__WHAT THE TASK ASKS__: Below are some records; retype all of them exactly.

__INFORMATION SHOWN__:
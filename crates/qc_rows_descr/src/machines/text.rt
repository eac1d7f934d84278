//! Operands and effects of an instruction as a machine's text has them.

use qc_descr::{Description, Instruction, OperandKind, Reach};
use qc_terms::{Dest, Effect, Place, Term};
use qc_words::Op;
use std::alloc::{AllocError, Global};

fn put(out: &mut Vec<u8>, text: &[u8]) -> Result<(), AllocError> {
    out.extend_from_slice(text)
}

/// A number, behind other text.
fn put_number(
    alloc: Global,
    out: &mut Vec<u8>,
    before: &[u8],
    number: u64,
) -> Result<(), AllocError> {
    put(out, before)?;
    put(out, format!(in alloc; "{number}")?.as_bytes())
}

fn space_name(machine: &Description, space: u32) -> &[u8] {
    match machine.spaces.get(space as usize) {
        Some(space) => space.name.bytes(),
        None => b"?",
    }
}

fn operand_name(instruction: &Instruction, operand: u32) -> &[u8] {
    match instruction.operands.get(operand as usize) {
        Some((name, _)) => name.bytes(),
        None => b"?",
    }
}

/// What an operand is: the name of a register's space, the bits of an immediate, or the reach of an address.
fn put_kind(
    alloc: Global,
    out: &mut Vec<u8>,
    machine: &Description,
    kind: OperandKind,
    reach: Option<&Reach>,
) -> Result<(), AllocError> {
    match kind {
        OperandKind::Register { space } => put(out, space_name(machine, space)),
        OperandKind::Imm { width } => put_number(alloc, out, b"imm ", u64::from(width.bits())),
        OperandKind::Addr => match reach {
            Some(Reach::Relative { bits }) => put_number(alloc, out, b"rel ", u64::from(*bits)),
            Some(Reach::Absolute { bits }) => put_number(alloc, out, b"abs ", u64::from(*bits)),
            _ => put(out, b"?"),
        },
    }
}

/// The operands with their kinds, with commas between them.
pub(crate) fn operands_text(
    alloc: Global,
    machine: &Description,
    instruction: &Instruction,
) -> Result<Vec<u8>, AllocError> {
    let mut out = Vec::new(alloc);
    let reaches = &instruction.coding.reaches;
    for (place, (name, kind)) in instruction.operands.as_slice().iter().enumerate() {
        if place > 0 {
            put(&mut out, b", ")?;
        }
        put(&mut out, name.bytes())?;
        put(&mut out, b": ")?;
        put_kind(alloc, &mut out, machine, *kind, reaches.get(place))?;
    }
    Ok(out)
}

fn put_place(
    alloc: Global,
    out: &mut Vec<u8>,
    machine: &Description,
    instruction: &Instruction,
    place: Place,
) -> Result<(), AllocError> {
    match place {
        Place::Cell { space, index } => {
            put(out, space_name(machine, space))?;
            put_number(alloc, out, b"[", u64::from(index))?;
            put(out, b"]")
        }
        Place::Operand { number, .. } => put(out, operand_name(instruction, number)),
    }
}

/// An operator by its name in texts, with the numbers that belong to it and the bracket before its operands.
fn put_operator(alloc: Global, out: &mut Vec<u8>, op: Op) -> Result<(), AllocError> {
    match op {
        Op::Zx { to } => put_number(alloc, out, b"zx ", u64::from(to.bits()))?,
        Op::Sx { to } => put_number(alloc, out, b"sx ", u64::from(to.bits()))?,
        Op::Slice { low, to } => {
            put_number(alloc, out, b"slice ", u64::from(low))?;
            put_number(alloc, out, b" ", u64::from(to.bits()))?;
        }
        _ => {
            let mut name = format!(in alloc; "{op:?}(")?;
            name.make_ascii_lowercase();
            return put(out, name.as_bytes());
        }
    }
    put(out, b" (")
}

fn put_term(
    alloc: Global,
    out: &mut Vec<u8>,
    machine: &Description,
    instruction: &Instruction,
    term: &Term,
) -> Result<(), AllocError> {
    match term {
        Term::Num { value, width } => {
            put_number(alloc, out, b"", *value)?;
            put_number(alloc, out, b"'", u64::from(width.bits()))
        }
        Term::Reg { place, .. } => put_place(alloc, out, machine, instruction, *place),
        Term::Imm { operand, .. } => put(out, operand_name(instruction, *operand)),
        Term::Input { .. } => put(out, b"input"),
        Term::After { .. } => put(out, b"after"),
        Term::Un { op, arg } => {
            put_operator(alloc, out, *op)?;
            put_term(alloc, out, machine, instruction, arg.get())?;
            put(out, b")")
        }
        Term::Bin { op, left, right } => {
            put_operator(alloc, out, *op)?;
            put_term(alloc, out, machine, instruction, left.get())?;
            put(out, b", ")?;
            put_term(alloc, out, machine, instruction, right.get())?;
            put(out, b")")
        }
        Term::Mem { width, address } => {
            put_number(alloc, out, b"mem ", u64::from(width.bits()))?;
            put(out, b" [")?;
            put_term(alloc, out, machine, instruction, address.get())?;
            put(out, b"]")
        }
    }
}

fn put_dest(
    alloc: Global,
    out: &mut Vec<u8>,
    machine: &Description,
    instruction: &Instruction,
    to: &Dest,
) -> Result<(), AllocError> {
    match to {
        Dest::Reg { place } => put_place(alloc, out, machine, instruction, *place),
        Dest::Mem { width, address } => {
            put_number(alloc, out, b"mem ", u64::from(width.bits()))?;
            put(out, b" [")?;
            put_term(alloc, out, machine, instruction, address)?;
            put(out, b"]")
        }
        Dest::Pc => put(out, b"pc"),
        Dest::Out => put(out, b"out"),
        Dest::Halt => put(out, b"halt"),
        Dest::Trap => put(out, b"trap"),
    }
}

fn put_effect(
    alloc: Global,
    out: &mut Vec<u8>,
    machine: &Description,
    instruction: &Instruction,
    effect: &Effect,
) -> Result<(), AllocError> {
    if let Some(guard) = &effect.guard {
        put(out, b"when ")?;
        put_term(alloc, out, machine, instruction, guard)?;
        put(out, b" => ")?;
    }
    put_dest(alloc, out, machine, instruction, &effect.to)?;
    put(out, b" := ")?;
    put_term(alloc, out, machine, instruction, &effect.value)
}

/// The effects, with bars between them.
pub(crate) fn effects_text(
    alloc: Global,
    machine: &Description,
    instruction: &Instruction,
) -> Result<Vec<u8>, AllocError> {
    let mut out = Vec::new(alloc);
    for (place, effect) in instruction.rtl.effects.as_slice().iter().enumerate() {
        if place > 0 {
            put(&mut out, b" | ")?;
        }
        put_effect(alloc, &mut out, machine, instruction, effect)?;
    }
    Ok(out)
}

__ANSWER TO THE PROBLEM__:
filename crates/qc_rows_descr/src/machines/text.rt
repository eac1d7f934d84278
//! Operands and effects of an instruction as a machine's text has them.

use qc_descr::{Description, Instruction, OperandKind, Reach};
use qc_terms::{Dest, Effect, Place, Term};
use qc_words::Op;
use std::alloc::{AllocError, Global};

fn put(out: &mut Vec<u8>, text: &[u8]) -> Result<(), AllocError> {
    out.extend_from_slice(text)
}

/// A number, behind other text.
fn put_number(
    alloc: Global,
    out: &mut Vec<u8>,
    before: &[u8],
    number: u64,
) -> Result<(), AllocError> {
    put(out, before)?;
    put(out, format!(in alloc; "{number}")?.as_bytes())
}

fn space_name(machine: &Description, space: u32) -> &[u8] {
    match machine.spaces.get(space as usize) {
        Some(space) => space.name.bytes(),
        None => b"?",
    }
}

fn operand_name(instruction: &Instruction, operand: u32) -> &[u8] {
    match instruction.operands.get(operand as usize) {
        Some((name, _)) => name.bytes(),
        None => b"?",
    }
}

/// What an operand is: the name of a register's space, the bits of an immediate, or the reach of an address.
fn put_kind(
    alloc: Global,
    out: &mut Vec<u8>,
    machine: &Description,
    kind: OperandKind,
    reach: Option<&Reach>,
) -> Result<(), AllocError> {
    match kind {
        OperandKind::Register { space } => put(out, space_name(machine, space)),
        OperandKind::Imm { width } => put_number(alloc, out, b"imm ", u64::from(width.bits())),
        OperandKind::Addr => match reach {
            Some(Reach::Relative { bits }) => put_number(alloc, out, b"rel ", u64::from(*bits)),
            Some(Reach::Absolute { bits }) => put_number(alloc, out, b"abs ", u64::from(*bits)),
            _ => put(out, b"?"),
        },
    }
}

/// The operands with their kinds, with commas between them.
pub(crate) fn operands_text(
    alloc: Global,
    machine: &Description,
    instruction: &Instruction,
) -> Result<Vec<u8>, AllocError> {
    let mut out = Vec::new(alloc);
    let reaches = &instruction.coding.reaches;
    for (place, (name, kind)) in instruction.operands.as_slice().iter().enumerate() {
        if place > 0 {
            put(&mut out, b", ")?;
        }
        put(&mut out, name.bytes())?;
        put(&mut out, b": ")?;
        put_kind(alloc, &mut out, machine, *kind, reaches.get(place))?;
    }
    Ok(out)
}

fn put_place(
    alloc: Global,
    out: &mut Vec<u8>,
    machine: &Description,
    instruction: &Instruction,
    place: Place,
) -> Result<(), AllocError> {
    match place {
        Place::Cell { space, index } => {
            put(out, space_name(machine, space))?;
            put_number(alloc, out, b"[", u64::from(index))?;
            put(out, b"]")
        }
        Place::Operand { number, .. } => put(out, operand_name(instruction, number)),
    }
}

/// An operator by its name in texts, with the numbers that belong to it and the bracket before its operands.
fn put_operator(alloc: Global, out: &mut Vec<u8>, op: Op) -> Result<(), AllocError> {
    match op {
        Op::Zx { to } => put_number(alloc, out, b"zx ", u64::from(to.bits()))?,
        Op::Sx { to } => put_number(alloc, out, b"sx ", u64::from(to.bits()))?,
        Op::Slice { low, to } => {
            put_number(alloc, out, b"slice ", u64::from(low))?;
            put_number(alloc, out, b" ", u64::from(to.bits()))?;
        }
        _ => {
            let mut name = format!(in alloc; "{op:?}(")?;
            name.make_ascii_lowercase();
            return put(out, name.as_bytes());
        }
    }
    put(out, b" (")
}

fn put_term(
    alloc: Global,
    out: &mut Vec<u8>,
    machine: &Description,
    instruction: &Instruction,
    term: &Term,
) -> Result<(), AllocError> {
    match term {
        Term::Num { value, width } => {
            put_number(alloc, out, b"", *value)?;
            put_number(alloc, out, b"'", u64::from(width.bits()))
        }
        Term::Reg { place, .. } => put_place(alloc, out, machine, instruction, *place),
        Term::Imm { operand, .. } => put(out, operand_name(instruction, *operand)),
        Term::Input { .. } => put(out, b"input"),
        Term::After { .. } => put(out, b"after"),
        Term::Un { op, arg } => {
            put_operator(alloc, out, *op)?;
            put_term(alloc, out, machine, instruction, arg.get())?;
            put(out, b")")
        }
        Term::Bin { op, left, right } => {
            put_operator(alloc, out, *op)?;
            put_term(alloc, out, machine, instruction, left.get())?;
            put(out, b", ")?;
            put_term(alloc, out, machine, instruction, right.get())?;
            put(out, b")")
        }
        Term::Mem { width, address } => {
            put_number(alloc, out, b"mem ", u64::from(width.bits()))?;
            put(out, b" [")?;
            put_term(alloc, out, machine, instruction, address.get())?;
            put(out, b"]")
        }
    }
}

fn put_dest(
    alloc: Global,
    out: &mut Vec<u8>,
    machine: &Description,
    instruction: &Instruction,
    to: &Dest,
) -> Result<(), AllocError> {
    match to {
        Dest::Reg { place } => put_place(alloc, out, machine, instruction, *place),
        Dest::Mem { width, address } => {
            put_number(alloc, out, b"mem ", u64::from(width.bits()))?;
            put(out, b" [")?;
            put_term(alloc, out, machine, instruction, address)?;
            put(out, b"]")
        }
        Dest::Pc => put(out, b"pc"),
        Dest::Out => put(out, b"out"),
        Dest::Halt => put(out, b"halt"),
        Dest::Trap => put(out, b"trap"),
    }
}

fn put_effect(
    alloc: Global,
    out: &mut Vec<u8>,
    machine: &Description,
    instruction: &Instruction,
    effect: &Effect,
) -> Result<(), AllocError> {
    if let Some(guard) = &effect.guard {
        put(out, b"when ")?;
        put_term(alloc, out, machine, instruction, guard)?;
        put(out, b" => ")?;
    }
    put_dest(alloc, out, machine, instruction, &effect.to)?;
    put(out, b" := ")?;
    put_term(alloc, out, machine, instruction, &effect.value)
}

/// The effects, with bars between them.
pub(crate) fn effects_text(
    alloc: Global,
    machine: &Description,
    instruction: &Instruction,
) -> Result<Vec<u8>, AllocError> {
    let mut out = Vec::new(alloc);
    for (place, effect) in instruction.rtl.effects.as_slice().iter().enumerate() {
        if place > 0 {
            put(&mut out, b" | ")?;
        }
        put_effect(alloc, &mut out, machine, instruction, effect)?;
    }
    Ok(out)
}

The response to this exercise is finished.